Panchovix / stable-diffusion-webui-reForge

GNU Affero General Public License v3.0
281 stars 10 forks source link

[Feature Request]: Add "Cache FP16 weight for LoRA" setting in FP8 mode #44

Open Animus777 opened 1 month ago

Animus777 commented 1 month ago

Is there an existing issue for this?

What would your feature do ?

In both UIs A1111 and Forge in Optimizations settings there is an option Cache FP16 weight for LoRA.

1

It allows you to preserve LoRA quality while keeping checkpoint models in FP8 (to save VRAM and RAM). It works in A1111 but it doesn't work in Forge (FP8 weight setting above it also doesn't work). I assume that's because, unlike A1111, in Forge FP8 mode is enabled not via ui setting but via command line flag --unet-in-fp8-e4m3fn. But I haven't found any command line flags to keep LoRA in FP16:

--all-in-fp32
--all-in-fp16
--unet-in-bf16
--unet-in-fp16
--unet-in-fp8-e4m3fn
--unet-in-fp8-e5m2
--vae-in-fp16
--vae-in-fp32
--vae-in-bf16
--clip-in-fp8-e4m3fn
--clip-in-fp8-e5m2
--clip-in-fp16
--clip-in-fp32

By digging into files I found that A1111 in modules folder has a file named sd_models.py which seems to have the relevant code about shared.opts.cache_fp16_weight:

    if check_fp8(model):
        devices.fp8 = True
        first_stage = model.first_stage_model
        model.first_stage_model = None
        for module in model.modules():
            if isinstance(module, (torch.nn.Conv2d, torch.nn.Linear)):
                if shared.opts.cache_fp16_weight:
                    module.fp16_weight = module.weight.data.clone().cpu().half()
                    if module.bias is not None:
                        module.fp16_bias = module.bias.data.clone().cpu().half()
                module.to(torch.float8_e4m3fn)
        model.first_stage_model = first_stage
        timer.record("apply fp8")
    else:
        devices.fp8 = False

I'm not sure if it's a simple copy paste job though... To test if it's working I like to use acceleration LoRA i.e LCM Just set Sampler to LCM, Steps to 4 and CFG to 1. The results are extremely bad in FP8 but if you enable Cache FP16 weight for LoRA they are OK.
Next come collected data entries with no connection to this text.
// What a site knows of names, read and changed with what its cards tell.
ghost use Rattle.std.specs.Prelude.{◌≡◌, ℕ, IfOk, OnOk, true};
ghost use Rattle.e3_types.specs.Locks.{lock_grant};
ghost use Rattle.e3_world.specs.declared.lives.At.{At};
ghost use Rattle.e3_world.specs.declared.lives.Life.{Life};
ghost use Rattle.e3_world.specs.declared.lives.SiteStep.{SiteStep as Step};
ghost use Rattle.e3_world.specs.Lives.{life_by};
ghost use Rattle.e3_world.specs.Logs.{key_of, table_of, row_value};
ghost use Rattle.e3_world.specs.Making.{grants_after, log_now};
ghost use Rattle.e3_world.specs.Operations.{holders, queue, waiting};
ghost use Rattle.e3_cards.specs.Tables.{AreCountable, CardsStand};
ghost use Rattle.e3_readings.specs.Requests.{lock_for};
ghost use Rattle.e3_places.specs.Standing.{follow};
ghost use Rattle.e3_places.specs.Keeping.{HasRoom};
ghost use Rattle.e3_site.specs.past.Knowing.{NamesStand, AreBehind};

use crate::past::arriving::fresh;
use e3_cards::Cards;
use e3_places as places;
use e3_places::{Changes, Places};
use e3_types::{Answer, Grant, Input, List, Name, NoMemory};
use e3_world::{Asked, Made, SiteStep};
use std::alloc::Global;

/// What a site knows of names: what stands on each, and the names on which a request could be granted.
#[derive(Drop)]
pub struct Names {
    pub places: Places,
    pub restless: List<Name>,
}

/// What a step makes of them.
#[derive(Drop)]
pub struct NamesBehind {
    pub changes: Changes,
    pub restless: List<Name>,
}

/// What the lock rule answers to a request, with the step's records.
pub(crate) fn lock(alloc: Global, names: &Names, q: &Asked, made: &Made) -> Result<Grant, NoMemory>
    ghost a: { At }
    requires names { NamesStand a.site names.now a.life }
    requires follow { follow a.life.log made.now.records ≡ true }
    ensures { IfOk result (λ g. g ≡ lock_grant (lock_for q.now) (holders a.site (key_of q.now.op).name (log_now a made.now) a.life.steps)
        (queue (key_of q.now.op).name (waiting a.site (log_now a made.now) a.life.steps))) }
{
    places::lock(alloc, &names.places, q, made)
}

/// The value of a name in the table, with the step's records.
pub(crate) fn row(
    alloc: Global,
    names: &Names,
    name: &Name,
    made: &Made,
) -> Result<Answer, NoMemory>
    ghost a: { At }
    requires names { NamesStand a.site names.now a.life }
    requires follow { follow a.life.log made.now.records ≡ true }
    ensures { IfOk result (λ x. x ≡ row_value name.now (table_of (log_now a made.now))) }
{
    places::row(alloc, &names.places, name, made)
}

/// The requests that are granted behind the step so far, where a decision has freed locks.
pub(crate) fn grants_after(
    alloc: Global,
    cards: &Cards,
    names: &Names,
    input: &Input,
    made: &Made,
) -> Result<List<Asked>, NoMemory>
    ghost a: { At }
    requires cards { CardsStand a.site cards.now a.life }
    requires names { NamesStand a.site names.now a.life }
    requires countable { AreCountable cards.now }
    requires input { input.now ≡ a.input }
    requires follow { follow a.life.log made.now.records ≡ true }
    ensures { IfOk result (λ out. out ≡ grants_after a made.now) }
{
    let new = fresh(alloc, cards, input, made.told.as_slice());
    places::grants_after(alloc, &names.places, names.restless.as_slice(), &new, made)
}

/// What a step makes of what is known of names, where its records may follow the log.
pub(crate) fn behind(
    alloc: Global,
    cards: &Cards,
    names: &Names,
    step: &SiteStep,
) -> Result<NamesBehind, NoMemory>
    requires { AreCountable cards.now }
    ensures { IfOk result (λ b. (a : At) → CardsStand a.site cards.now a.life → NamesStand a.site names.now a.life → follow a.life.log step.now.records ≡ true
        → AreBehind a.site names.now a.life step.now b) }
{
    let new = fresh(alloc, cards, &step.input, step.told.as_slice());
    let changes = places::changes_of(
        alloc,
        &names.places,
        &new,
        step.records.as_slice(),
        step.told.as_slice(),
        step.outs.as_slice(),
    )?;
    let restless = places::restless_behind(
        alloc,
        &names.places,
        names.restless.as_slice(),
        &new,
        step,
    )?;
    Ok(NamesBehind { changes, restless })
}

/// Makes room for what a step makes: afterwards it can be put in its place. What is known stays, also where memory wants.
pub(crate) fn ready(alloc: Global, names: &mut Names, behind: &NamesBehind) -> Result<(), NoMemory>
    ensures stand { (site : ℕ) (life : Life) → NamesStand site names.old life → NamesStand site names.new life }
    ensures are { (site : ℕ) (life : Life) (s : Step) → AreBehind site names.old life s behind.now → AreBehind site names.new life s behind.now }
    ensures ok { OnOk result (HasRoom names.new.places behind.now.changes) }
{
    places::ready(alloc, &mut names.places, &behind.changes)
}

/// Puts what a step makes in its place: it is known of the life with that step. It takes no memory.
pub(crate) fn apply(names: &mut Names, behind: NamesBehind)
    requires { HasRoom names.old.places behind.changes }
    ensures { (site : ℕ) (life : Life) (s : Step) → NamesStand site names.old life → AreBehind site names.old life s behind → NamesStand site names.new (life_by life s) }
{
    places::apply(&mut names.places, behind.changes);
    names.restless = behind.restless;
}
Panchovix commented 1 month ago

Hi there, thanks for the suggestion. Pushed some commits that maybe helps with this, but not sure if it will work (Kinda ported the A1111 implementation into model management). Can you try and tell me how it goes?

EDIT: Didn't work, reverting the commits for now. Will need to investigate more how to add this feature.